O vínculo associativo era uma faceta do método de Nietzsche recepção em todos os lugares, mas foi particularmente importante na Rússia, onde a literatura foi o principal veículo para discutir ideias. No período soviético, autores anteriormente emparelhados com Nietzsche às vezes eram usados como substitutos para ele. Antes da Primeira Guerra Mundial, Nietzsche apelou para indivíduos que eram radicais por temperamento, não apenas radicais políticos, mas poetas, pintores e filósofos que o via como um libertador. Muitos deles consideravam Darwin, Marx, e Nietzsche como estrelas piloto em uma constelação de pensadores oposicionistas.

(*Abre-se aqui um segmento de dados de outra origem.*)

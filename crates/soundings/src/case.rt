// A worked case as a value: what is played, recorded or read, and what has to come of it.
use keys::KeyStage;
use kinds::KindName;
use layout::FileRefusal;

// The two words of a sample, an entry, a sum or a tap.
pub type Words = (i64, i64);

// A key and the kind that it is for.
#[derive(Clone, Copy, Debug)]
pub struct CaseKey {
    pub kind: KindName,
    pub kernel: u8,
    // the lowest first
    pub stages: &'static [KeyStage],
}

// A sounding at a room length: the taps of the room, both records, and the sums and taps that come of them.
#[derive(Clone, Copy, Debug)]
pub struct RoomSounding {
    pub room_length: usize,
    pub room: &'static [Words],
    pub first: &'static [Words],
    pub second: &'static [Words],
    pub sums: &'static [Words],
    pub taps: &'static [Words],
}

#[derive(Clone, Copy, Debug)]
pub enum Case {
    // a key, its energy and its codes A and B
    Codes {
        key: CaseKey,
        energy: u32,
        a: &'static [Words],
        b: &'static [Words],
    },
    // a sounding with the codes of a key
    Sounding {
        key: CaseKey,
        sounding: RoomSounding,
    },
    // an energy, sums, and each sum divided by the energy and rounded
    Rounding {
        energy: u32,
        sums: &'static [i64],
        taps: &'static [i64],
    },
    // a sounding with the codes of a key, its sounding file and the report of the file
    Reported {
        key: CaseKey,
        sounding: RoomSounding,
        file: &'static [u8],
        report: &'static [u8],
    },
    // a file and its refusal
    Refused {
        file: &'static [u8],
        refusal: FileRefusal,
    },
}
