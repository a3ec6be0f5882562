// Finite sums of samples, and what two codes of one span mean.
// Definitions (specs/) and lemmas (proofs/) that pairs and sounders share.
#![tactic(auto)]

ghost use Rattle.std.specs.Prelude.{Some};

use std::fmt;

// Which of the two codes of a pair.
#[derive(Clone, Copy, PartialEq, Eq, Debug)]
pub enum Side {
    A,
    B,
}

// A number that is no side's.
#[derive(Clone, Copy, PartialEq, Eq, Debug)]
pub struct NoSide(pub u8);

// A is 0, B is 1.
impl TryFrom<u8> for Side {
    type Error = NoSide;

    ghost use Rattle.sums.specs.Sides.{Decodes};

    ghost try_from_gives = { Decodes };

    fn try_from(number: u8) -> Result<Self, NoSide> {
        match number {
            0 => Ok(Side::A),
            1 => Ok(Side::B),
            _ => Err(NoSide(number)),
        }
    }
}

// As a text: A or B.
impl fmt::Display for Side {
    ghost use Rattle.sums.specs.Sides.{name_of};

    ghost output = { λ side. Some (name_of side) };

    fn fmt<W: fmt::Write>(&self, f: &mut fmt::Formatter<W>) -> fmt::Result {
        f.write_str(match self {
            Side::A => "A",
            Side::B => "B",
        })
    }
}
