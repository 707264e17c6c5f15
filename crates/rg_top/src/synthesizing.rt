//! The answer to a request for a net.
ghost use Rattle.std.specs.Prelude.{◌≡◌, ◌≤◌, IfOk};
ghost use Rattle.rg_theory.specs.ClassWords.{HasNumbersInRange};
ghost use Rattle.rg_top.specs.Requests.{end_of};
ghost use Rattle.rg_top.specs.Synthesize.{SynthesizeEnds};

use crate::answer::Answer;
use rg_cert::print;
use rg_lts::Lts;
use rg_memory::NoMemory;
use rg_messages::WideCause;
use rg_netfile::print_net;
use rg_ports::Gate;
use rg_synth::{Answer as Outcome, synthesize};
use rg_theory::Class;
use std::alloc::Global;
use std::thread::Threads;

// A net of the class for the system, or why there is none.
pub(crate) fn net_answer<R: Threads + Sync, G: Gate + Sync>(
    rt: &R,
    alloc: Global,
    class: Class,
    lts: &Lts,
    jobs: u8,
    gate: &G,
) -> Result<Answer, NoMemory>
    requires bound { HasNumbersInRange class }
    requires some { 1 ≤ jobs }
    ensures { IfOk result (λ a. SynthesizeEnds class lts.now (end_of a)) }
{
    lts.is_well_formed();
    match synthesize(rt, alloc, lts, class, jobs, gate)? {
        Outcome::Net(net) => Ok(Answer::Yes(print_net(alloc, &net, lts)?)),
        Outcome::Unsolvable(cert) => Ok(Answer::No(print(alloc, &cert, lts)?)),
        Outcome::TooWide(at) => Ok(Answer::TooWide(WideCause::Synthesis(at))),
    }
}
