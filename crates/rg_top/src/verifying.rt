//! The answer to a request for a judgement.
ghost use Rattle.std.specs.Prelude.{◌≡◌, ℕ, ◌≤◌, Some, length, IfOk, IsErrOf};
ghost use Rattle.rg_ports.specs.Count.{HasRisen};
ghost use Rattle.rg_lts.specs.WellFormed.{IsWellFormed};
ghost use Rattle.rg_cert_data.specs.Certificates.{claim_of, IsCertificateOf};
ghost use Rattle.rg_cert.specs.Spells.{Spells};
ghost use Rattle.rg_text.specs.Limits.{most_bytes};
ghost use Rattle.rg_top.specs.Verify.{VerifyEnds};
ghost use Rattle.rg_top.specs.Requests.{end_of, asked_more, ReadsMore, JudgesBytes};
ghost use Rattle.rg_top.specs.declared.answer.Stop.TheVariants as stop;

use crate::answer::{Answer, Stop};
use crate::files::{FileStop, read_bytes};
use rg_cert::{CertFault, read};
use rg_cert_data::Certificate;
use rg_lts::Lts;
use rg_memory::NoMemory;
use rg_messages::{FileFault, accepted_text, defect_text, fault_text};
use rg_ports::Shelf;
use rg_verify::{Verdict, verify};
use std::alloc::Global;

// Whether the certificate of the file holds for the system.
pub(crate) fn judgement_answer<H: Shelf>(
    alloc: Global,
    lts: &Lts,
    cert: &str,
    shelf: &mut H,
) -> Result<Answer, Stop>
    ensures files { H.files shelf.new ≡ H.files shelf.old }
    ensures asked { H.asked shelf.new ≡ asked_more (H.asked shelf.old) (Some cert.now) }
    ensures reads { ReadsMore H.finds H.hands (Some cert.now) shelf.old shelf.new }
    ensures ok { IfOk result (λ a. VerifyEnds (H.files shelf.old) cert.now lts.now (end_of a)) }
    ensures never_falls { H.faults shelf.old ≤ H.faults shelf.new }
    ensures fault { IsErrOf result stop.ReadFault → HasRisen (H.faults shelf.old) (H.faults shelf.new) }
{
    lts.is_well_formed();
    match read_bytes(alloc, shelf, cert) {
        Ok(bytes) => Ok(bytes_answer(alloc, lts, &bytes)?),
        Err(FileStop::Refused(fault)) => Ok(Answer::File(FileFault { file: 2, fault })),
        Err(FileStop::Failed) => Err(Stop::ReadFault),
        Err(FileStop::NoMemory) => Err(Stop::NoMemory),
    }
}

// The answer to the bytes of a certificate's file.
fn bytes_answer(alloc: Global, lts: &Lts, bytes: &[u8]) -> Result<Answer, NoMemory>
    requires system { IsWellFormed lts.now }
    requires short { length bytes.now ≤ most_bytes }
    ensures { IfOk result (λ a. JudgesBytes bytes.now lts.now (end_of a)) }
{
    match read(alloc, bytes, lts) {
        Ok(cert) => certificate_answer(alloc, lts, bytes, &cert),
        Err(fault) => match fault {
            CertFault::NoMemory => Err(NoMemory),
            _ => Ok(Answer::No(fault_text(alloc, fault)?)),
        },
    }
}

// The answer to a certificate that the bytes spell.
fn certificate_answer(
    alloc: Global,
    lts: &Lts,
    bytes: &[u8],
    cert: &Certificate,
) -> Result<Answer, NoMemory>
    requires system { IsWellFormed lts.now }
    requires in_range { IsCertificateOf lts.now cert.now }
    requires spelled { Spells bytes.now lts.now (claim_of cert.now) }
    ensures { IfOk result (λ a. JudgesBytes bytes.now lts.now (end_of a)) }
{
    match verify(alloc, lts, cert) {
        Ok(Verdict::Accepted) => Ok(Answer::Yes(accepted_text(alloc, cert.class)?)),
        Ok(Verdict::Refused { case, node, defect }) => {
            Ok(Answer::No(defect_text(alloc, lts, case, node, defect)?))
        }
        Err(NoMemory) => Err(NoMemory),
    }
}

 Os conservadores, por outro lado, ficaram escandalizados com o ataque de Nietzsche à Cristandade. Após a guerra, no entanto, na Europa Ocidental e Central, ele foi apropriado pela direita radical, que enfatizou o hierárquico e repressivo aspectos de seu pensamento. Uma transposição semelhante ocorreu na Rússia Soviética na década de 1930. Por toda parte, fatores culturais e históricos específicos da Rússia afetou a forma como os russos entendiam Nietzsche e determinaram quais aspectos de seu pensamento eles enfatizaram, e que eles ignoraram ou rejeitaram, em qualquer tempo particular.




 As ideias de Nietzsche continuaram reaparecendo na Rússia e nas discussões soviéticas sobre literatura, arte, psicologia, questões sociais e política. Seu cumulativo o efeito foi enorme. Se isolarmos os componentes nietzscheanos dessas discussões, marque cada um com um ponto vermelho e ligue os pontos, teremos delineou o substrato nietzschiano da cultura russa do século XX. As apropriações russas de Nietzsche não foram simplesmente empréstimos ou leituras incorretas. Eles ilustram a invenção criativa que está no cerne da processo de recepção. Os intelectuais russos lêem Nietzsche intensamente, fazendo certos textos em bíblias, derivando deles princípios pelos quais viver e levando esses princípios aos seus limites finais. Alguns entusiastas de Nietzsche presumiu que "o novo homem, o Obermensch, seria criado na Rússia". Antes de embarcar na trilha das ideias nietzscheanas que derivaram da Prata Idade (1890-1917) à época de Stalin, vamos primeiro descrever os aspectos da vida de Nietzsche pensou que seus admiradores russos fizeram parte de uma agenda e, em seguida, limitaram a cultura a fatores específicos que deram ao seu pensamento uma relevância especial para eles.